Я встал, но Алиса потянула меня за край рубашки, сажая обратно.
– Фу, какой скучный, – цокнула она языком.
Перед глазами пошли бензиновые пятна. Скучный… Так говорил про меня брат; в ту секунду в ушах даже звучал его баритон, повторяющий это слово.
Я послушно сел обратно, чувствуя знакомую слабость, не позволяющую двигаться.
– Всё проще, чем кажется, – она подёргала меня за руку, ловя взгляд. – Ты участвуешь в игре, которая стирает людям память, а потом помогает её восстановить. В ближайшее время ты будешь вспоминать свою жизнь. Не сомневайся – она твоя.
«Игра и стёртая память… Я в бреду или она?»
Алиса смотрела на меня, не моргая, будто ждала какой-то бурной реакции, которую потом можно будет показать инвесторам и сказать: «Смотрите, какая у нас смешная дрессированная мартышка! Вложите деньги в наш проект и увидите ещё много таких, даже лучше!» Но я всё ещё был безучастен и молчал. Как рохля – не мог ничего придумать, поэтому послушно принимал это, кажущееся совсем безумным, объяснение. Лучше плохие ответы, чем вообще никаких; лучше этот самодельный кораблик из бумаги, склеенный наспех и разваливающийся в руках.
– И в чём суть этой игры? Какова твоя роль? Саши? Где мой брат? Он появится? Есть доказательства, что он вообще существует? Сколько всё это будет длиться?
Алиса закатила глаза.
– Ну что за человек! Задаёт такие занудные вопросы. Я не стану на них отвечать. Но ты можешь задать другие, те, которые интересуют тебя на самом деле, – она поиграла бровями, и я, невнимательно оглядев её, попробовал сосредоточиться.
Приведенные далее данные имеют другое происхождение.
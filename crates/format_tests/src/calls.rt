// Every row and every refusal, at units that write down what they are asked.
mod desk;
mod refusals;
mod rows;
Что меня интересует на самом деле? Пока эта выдуманная история, которую пытались мне навязать, не интересовала меня вообще. Что спрашивать? Вопросы логики её не устроили. А других у меня нет. Хотя…
Переведя взгляд на пруд, я закусил губу. По инерции. Так я, похоже, делал в прошлом; разум знал больше тела, но меня волновало другое: почему человек из воспоминаний так не похож на меня нынешнего?
– Например, что ты знаешь о себе? – не дождавшись ответа, подсказала Алиса. – О своей жизни. Кем были твои родители, какой любимый цвет у мамы.
– Не уверен, что он у неё вообще есть, – нахмурился я, представляя безликую женщину в джинсах и свитере кремового цвета. – Мне кажется, у большинства людей его нет.
«Даже, пожалуй, у меня».
Я перебрал немногочисленные воспоминания
своего нового прошлого. В эпизоде с песочницей я в коричневых шортах и голубой футболке, в которые меня, очевидно, одела мама; в воспоминании с подружками Кристиана на мне чёрные брюки и тёмно-бирюзовая водолазка; отца я встретил в джинсах, короткой серой куртке и чёрной шапке. Никакой уникальности. А вот близнец – у него даже был какой-то стиль. Одежда всегда строгая – никаких спортивных штанов и мешковатых кофт, – палитра включает оттенки чёрного, белого, фиолетового, синего. Он всегда кажется идеальным, в отличие от меня.– Ты никогда не задумывался, почему у тебя нет детства? – продолжила Алиса, не давая задержаться на восхвалении близнеца. Пришлось посмотрел на неё снова.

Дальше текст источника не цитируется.